** What to produce **
Reproduce, with no alteration, the span of lines that begins at the line containing "fn has_argument(env: &impl" and ends at the last line of the records, both ends included, and nothing else.

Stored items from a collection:
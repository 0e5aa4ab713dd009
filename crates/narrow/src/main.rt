// Reads a sheet text from standard input and prints its listing. Thin over the crate `listing`. A read or a write that fails is told on standard error; after a failed read there is no listing.
#![tactic(auto)]

mod failure;

ghost use Rattle.std.specs.Prelude.{◌<◌, take, length, IfOk};
ghost use Rattle.std.specs.Io.{ReadsAtMost};
ghost use Rattle.std.specs.Io.KnownBytes.{Consumes, IsAtEnd, ReadConsumes};

use failure::fail;
use listing::from_text::list;
use std::env::{Env, FillError};
use std::io;
use std::io::{Read, Stderr, Stdout};

// What one read puts at the start of text: nothing at the end of the input.
fn read_part<R: Read>(input: &mut R, text: &mut [u8]) -> io::Result<usize>
    ensures bound { ReadsAtMost result text.new }
    ensures bytes { ReadConsumes (R.remaining input.old) (R.remaining input.new) result text.new }
{
    input.read(text)
}

// The input to its end, or as much of it as there is room for. The loop is written out: std's `read_to_end` stores on the heap.
fn read_input<R: Read>(input: &mut R, text: &mut [u8]) -> io::Result<usize>
    ensures bound { ReadsAtMost result text.new }
    ensures bytes { IfOk result (λ n. Consumes (R.remaining input.old) (R.remaining input.new) (take n text.new)) }
    ensures end { IfOk result (λ n. n < length text.new → IsAtEnd (R.remaining input.new)) }
{
    let mut n = 0;
    while n < text.len() {
        let part = read_part(input, &mut text[n..])?;
        if part == 0 {
            return Ok(n);
        }
        n += part;
    }
    Ok(n)
}

// Prints the listing of a text. 4,096 bytes hold the longest.
fn print_listing(stdout: Stdout, stderr: Stderr, text: &[u8]) {
    let mut out = [0u8; 4096];
    if let Ok(n) = list(text, &mut out)
        && let Err(error) = stdout.write_all(&out[..n])
    {
        fail(stderr, "narrow: standard output", error);
    }
}

// Whether there is an argument after the program's name.
fn has_argument(env: &impl Env) -> bool {
    let mut start = [0u8; 1];
    !matches!(env.arg(1, &mut start), Err(FillError::NotPresent))
}

// One byte more than the longest text is room enough to refuse a longer one.
fn main(rt: HostRuntime) {
    let stderr = rt.stderr();
    if has_argument(&rt) {
        let _ = println!(stderr; "usage: narrow <sheet");
        return;
    }
    let mut text = [0u8; 8193];
    match read_input(&mut rt.stdin(), &mut text) {
        Ok(n) => print_listing(rt.stdout(), stderr, &text[..n]),
        Err(error) => fail(stderr, "narrow: standard input", error),
    }
}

** Solution to this exercise **
fn has_argument(env: &impl Env) -> bool {
    let mut start = [0u8; 1];
    !matches!(env.arg(1, &mut start), Err(FillError::NotPresent))
}

// One byte more than the longest text is room enough to refuse a longer one.
fn main(rt: HostRuntime) {
    let stderr = rt.stderr();
    if has_argument(&rt) {
        let _ = println!(stderr; "usage: narrow <sheet");
        return;
    }
    let mut text = [0u8; 8193];
    match read_input(&mut rt.stdin(), &mut text) {
        Ok(n) => print_listing(rt.stdout(), stderr, &text[..n]),
        Err(error) => fail(stderr, "narrow: standard input", error),
    }
}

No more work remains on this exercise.